Physical characteristics
- Source: Sierra Blanca, Capitan Mountains
- • location: Lincoln County
- • coordinates: 33°22′54″N 105°16′17″W﻿ / ﻿33.38167°N 105.27139°W
- • elevation: 1,615 m (5,299 ft)
- Mouth: Pecos River
- • location: Chaves County
- • coordinates: 33°22′15″N 104°23′57″W﻿ / ﻿33.37083°N 104.39917°W
- • elevation: 1,060 m (3,480 ft)

= Rio Hondo (Southern New Mexico) =

The Rio Hondo is a 79 mi river in southern New Mexico which begins at the confluence of the Rio Bonito and Rio Ruidoso rivers near the town of Hondo, New Mexico. The river flows eastward through the Hondo Valley in the foothills of the Sierra Blanca and Capitan Mountains, roughly paralleling the route of U.S. Route 70 through the towns of Picacho and Tinnie. Near the community of Riverside the river passes through a deep canyon before entering the rolling hills west of Roswell.

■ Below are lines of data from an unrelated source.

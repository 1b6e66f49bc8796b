//! Splits three, four or five arguments.
ghost use Rattle.std.specs.Prelude.{◌≡◌, ℕ, List, [], ◌∷◌, MatchOption};
ghost use Rattle.nanobot_words.specs.Rows.{texts};

/// Returns the arguments, if there are three.
pub(crate) fn three(words: &[String]) -> Option<(&str, &str, &str)>
    ensures { MatchOption result ((a b c : List ℕ) → texts words.now ≡ a ∷ b ∷ c ∷ [] → ⊥)
        (λ r. texts words.now ≡ r.0.now ∷ r.1.now ∷ r.2.now ∷ []) }
{
    match words {
        [a, b, c] => Some((a.as_str(), b.as_str(), c.as_str())),
        _ => None,
    }
}

/// Returns the arguments, if there are four.
pub(crate) fn four(words: &[String]) -> Option<(&str, &str, &str, &str)>
    ensures { MatchOption result ((a b c d : List ℕ) → texts words.now ≡ a ∷ b ∷ c ∷ d ∷ [] → ⊥)
        (λ r. texts words.now ≡ r.0.now ∷ r.1.now ∷ r.2.now ∷ r.3.now ∷ []) }
{
    match words {
        [a, b, c, d] => Some((a.as_str(), b.as_str(), c.as_str(), d.as_str())),
        _ => None,
    }
}

/// Returns the arguments, if there are five.
pub(crate) fn five(words: &[String]) -> Option<(&str, &str, &str, &str, &str)>
    ensures { MatchOption result ((a b c d e : List ℕ) → texts words.now ≡ a ∷ b ∷ c ∷ d ∷ e ∷ [] → ⊥)
        (λ r. texts words.now ≡ r.0.now ∷ r.1.now ∷ r.2.now ∷ r.3.now ∷ r.4.now ∷ []) }
{
    match words {
        [a, b, c, d, e] => Some((a.as_str(), b.as_str(), c.as_str(), d.as_str(), e.as_str())),
        _ => None,
    }
}
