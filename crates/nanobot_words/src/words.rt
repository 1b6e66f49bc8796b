//! Parses the arguments.
ghost use Rattle.std.specs.Prelude.{MatchOption};
ghost use Rattle.nanobot_words.specs.Rows.{IsInNoRow, IsRow, texts};
ghost use Rattle.nanobot_words.specs.Parsing.{row_of};

use crate::files::{parse_asm, parse_check, parse_debug, parse_dis};
use crate::forged::{parse_exercise, parse_make};
use crate::row::Row;
use crate::runs::{parse_plan, parse_run};

/// Returns the command given by the arguments.
pub fn parse(words: &[String]) -> Option<Row<'_>>
    ensures { MatchOption result (IsInNoRow (texts words.now)) (λ row. IsRow (texts words.now) (row_of row)) }
{
    if let Some(model) = parse_check(words) {
        return Some(Row::Check { model });
    }
    if let Some(row) = parse_run(words) {
        return Some(row);
    }
    if let Some(row) = parse_asm(words) {
        return Some(row);
    }
    if let Some(row) = parse_dis(words) {
        return Some(row);
    }
    if let Some(row) = parse_make(words) {
        return Some(row);
    }
    if let Some(row) = parse_plan(words) {
        return Some(row);
    }
    if let Some(row) = parse_exercise(words) {
        return Some(row);
    }
    parse_debug(words)
}
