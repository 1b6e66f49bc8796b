//! Parses one argument: a name, a side, a number, a planner.
ghost use Rattle.std.specs.Prelude.{◌≡◌, ◌↔◌, ◌<◌, ◌≤◌, ◌^◌, ℕ, List, Option, IsTrue, MatchOption, decimal};
ghost use Rattle.nanobot_words.specs.Rows.{planner_word, side_word, IsName};
ghost use Rattle.nanobot_words.specs.declared.planner.Planner.{Planner as PlannerOf};
ghost use Rattle.nanobot_words.specs.Parsing.{side_of};

use crate::planner::Planner;
use crate::row::Side;
use itoa::Buffer;
use vox_geom::MOST_R;

/// Returns whether the argument can be the name of a file.
pub(crate) fn is_name(word: &str) -> bool
    ensures { IsTrue result ↔ IsName word.now }
{
    word != "-"
}

/// Returns the source or the target of an argument.
pub(crate) fn parse_side(word: &str) -> Side<'_>
    ensures value { side_word (side_of result) ≡ word.now }
    ensures name { (name : List ℕ) → side_of result ≡ Option.Some name → IsName name }
{
    if is_name(word) {
        Side::Named(word)
    } else {
        Side::Empty
    }
}

/// Returns the number of an argument in decimal digits, without sign or leading zero.
pub(crate) fn parse_number(word: &str) -> Option<u32>
    ensures { MatchOption result ((n : ℕ) → n < 2 ^ 32 → word.now ≡ decimal n → ⊥) (λ n. word.now ≡ decimal n) }
{
    let Ok(number) = word.parse::<u32>() else {
        return None;
    };
    let mut buffer = Buffer::new();
    if buffer.format(number) != word {
        return None;
    }
    Some(number)
}

/// Returns the resolution of a model of an argument in decimal digits, without sign or leading zero.
pub(crate) fn parse_resolution(word: &str) -> Option<u16>
    ensures { MatchOption result ((r : ℕ) → 1 ≤ r → r ≤ MOST_R → word.now ≡ decimal r → ⊥)
        (λ r. (word.now ≡ decimal r) × (1 ≤ r) × (r ≤ MOST_R)) }
{
    let number = parse_number(word)?;
    if number < 1 {
        return None;
    }
    if number > u32::from(MOST_R) {
        return None;
    }
    Some(number as u16)
}

/// Returns the planner of an argument.
pub(crate) fn parse_planner(word: &str) -> Option<Planner>
    ensures { MatchOption result ((planner : PlannerOf) → planner_word planner ≡ word.now → ⊥)
        (λ planner. planner_word planner ≡ word.now) }
{
    match word {
        "layer" => Some(Planner::Layer),
        "group" => Some(Planner::Group),
        "crew" => Some(Planner::Crew),
        "void" => Some(Planner::Void),
        "low" => Some(Planner::Low),
        "swarm" => Some(Planner::Swarm),
        _ => None,
    }
}
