//! The commands.
use crate::planner::Planner;

/// A source or a target: a named file, or the empty model of the other's resolution.
#[derive(Clone, Copy)]
pub enum Side<'a> {
    Empty,
    Named(&'a str),
}

/// The profile of a run.
#[derive(Clone, Copy, PartialEq, Eq, Debug)]
pub enum Round {
    /// The full round of the contest.
    Full,
    /// This project's light profile, after the lightning round.
    Light,
}

/// A command.
#[derive(Clone, Copy)]
pub enum Row<'a> {
    /// Checks whether the model is legal.
    Check {
        model: &'a str,
    },
    /// Judges the trace from the source to the target, in the round.
    Run {
        round: Round,
        source: Side<'a>,
        target: Side<'a>,
        trace: &'a str,
    },
    /// Stores the bytes of the text's commands.
    Asm {
        text: &'a str,
        trace: &'a str,
    },
    /// Stores the text of the trace's commands.
    Dis {
        trace: &'a str,
        text: &'a str,
    },
    /// Stores the model forged of a number.
    Make {
        number: u32,
        resolution: u16,
        model: &'a str,
    },
    /// Stores the trace of the planner's plan from the source to the target.
    Plan {
        planner: Planner,
        source: Side<'a>,
        target: Side<'a>,
        trace: &'a str,
    },
    /// Reports the costs of the layer planner's and the group planner's plans of a forged model.
    Exercise {
        number: u32,
        resolution: u16,
    },
    /// Walks the trace from the source by the script.
    Debug {
        source: &'a str,
        trace: &'a str,
        script: &'a str,
    },
}
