//! The command table: parses the arguments of the command line (docs/FORMATS.md, "Printed lines"). Nothing allocates.
#![tactic(auto)]

mod files;
mod forged;
mod laws;
mod planner;
mod row;
mod runs;
mod several;
mod word;
mod words;

pub use laws::{one_row, worked_words};
pub use planner::Planner;
pub use row::{Round, Row, Side};
pub use words::parse;
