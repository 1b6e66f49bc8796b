//! Parses the commands of named files: `check`, `asm`, `dis` and `debug`.
ghost use Rattle.std.specs.Prelude.{◌≡◌, ℕ, List, [], ◌∷◌, MatchOption};
ghost use Rattle.nanobot_words.specs.Rows.{asm, check, debug, dis, IsName, IsRow, texts};
ghost use Rattle.nanobot_words.specs.Parsing.{row_of};

use crate::row::Row;
use crate::several::{four, three};
use crate::word::is_name;

/// Returns the model after `check`.
pub(crate) fn parse_check(words: &[String]) -> Option<&str>
    ensures { MatchOption result ((model : List ℕ) → IsRow (texts words.now) (check model) → ⊥)
        (λ model. IsRow (texts words.now) (check model.now)) }
{
    if let [word, model] = words {
        if word.as_str() == "check" && is_name(model.as_str()) {
            return Some(model.as_str());
        }
    }
    None
}

/// Returns the two names after a word, if there are three arguments and the first is that word.
fn parse_names<'a>(words: &'a [String], word: &str) -> Option<(&'a str, &'a str)>
    ensures { MatchOption result ((a b : List ℕ) → texts words.now ≡ word.now ∷ a ∷ b ∷ [] → IsName a → IsName b → ⊥)
        (λ names. (texts words.now ≡ word.now ∷ names.0.now ∷ names.1.now ∷ []) × IsName names.0.now × IsName
        names.1.now) }
{
    let (first, a, b) = three(words)?;
    if first != word {
        return None;
    }
    if !is_name(a) {
        return None;
    }
    if !is_name(b) {
        return None;
    }
    Some((a, b))
}

/// Returns the text and the trace after `asm`.
pub(crate) fn parse_asm(words: &[String]) -> Option<Row<'_>>
    ensures { MatchOption result ((x b : List ℕ) → IsRow (texts words.now) (asm x b) → ⊥)
        (λ row. IsRow (texts words.now) (row_of row)) }
{
    let (text, trace) = parse_names(words, "asm")?;
    Some(Row::Asm { text, trace })
}

/// Returns the trace and the text after `dis`.
pub(crate) fn parse_dis(words: &[String]) -> Option<Row<'_>>
    ensures { MatchOption result ((b x : List ℕ) → IsRow (texts words.now) (dis b x) → ⊥)
        (λ row. IsRow (texts words.now) (row_of row)) }
{
    let (trace, text) = parse_names(words, "dis")?;
    Some(Row::Dis { trace, text })
}

/// Returns the source, the trace and the script after `debug`.
pub(crate) fn parse_debug(words: &[String]) -> Option<Row<'_>>
    ensures { MatchOption result ((s b x : List ℕ) → IsRow (texts words.now) (debug s b x) → ⊥)
        (λ row. IsRow (texts words.now) (row_of row)) }
{
    let (word, source, trace, script) = four(words)?;
    if word != "debug" {
        return None;
    }
    if !is_name(source) {
        return None;
    }
    if !is_name(trace) {
        return None;
    }
    if !is_name(script) {
        return None;
    }
    Some(Row::Debug {
        source,
        trace,
        script,
    })
}
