//! The law that the command table is unambiguous, and worked examples of the table.
ghost use Rattle.std.specs.Prelude.{◌≡◌, ℕ, List};
ghost use Rattle.nanobot_words.specs.Rows.{IsRow, Row};
ghost use Rattle.nanobot_words.specs.Worked.{WorkedFiles, WorkedForged, WorkedPermissions, WorkedRows, WorkedSides, WorkedWords};

/// A list of arguments is at most one command.
pub fn one_row()
    ensures { (words : List (List ℕ)) (row row' : Row) → IsRow words row → IsRow words row' → row ≡ row' }
{}

/// Worked examples of commands: their arguments, and the files that they read and store. Also of the sides that planners accept,
/// and of the numbers that models are forged from.
pub fn worked_words()
    ensures words { WorkedWords }
    ensures files { WorkedFiles }
    ensures sides { WorkedSides }
    ensures forged { WorkedForged }
    ensures rows { WorkedRows }
    ensures permissions { WorkedPermissions }
{}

Approximately 15 mi southwest of Roswell the river enters an Army Corps of Engineers flood control reservoir known as the Two Rivers Dam. The reservoir is typically dry except during the spring runoff. The reservoir also contains the runoff of Rocky Arroyo, an intermittent stream that parallels the Rio Hondo a few miles to the south. Two earth fill dams totaling 7825 ft in length have the capacity to impound 168,000 acre.ft of water. The two dams act as two separate reservoirs, one for the Rio Hondo and one for Rocky Arroyo unless the water level is very high. Then the Rio Hondo and Rocky Arroyo reservoirs merge into a single large reservoir.

After passing through the reservoir, the Rio Hondo begins to meander through the flat land of the Pecos River valley. Rocky Arroyo merges with the Rio Hondo 1 mi west of the Roswell International Air Center then the Hondo travels northeasterly through Roswell. In many areas the natural route of the river has been altered. This is especially true in the city of Roswell where the river has been lined with concrete or paving stones. In Roswell a small tributary, the Spring River, joins the Hondo. Just east of Roswell another tributary, the Berrendo River, also joins, and 3 mi downstream from there the Rio Hondo empties into the Pecos River near Bottomless Lakes State Park.

The upper stretch of the river typically flows year-round, however irrigation along the length of the river siphons off much of the natural flow. By the time the river reaches Roswell it is dry, except after storms and during the spring runoff from the mountains.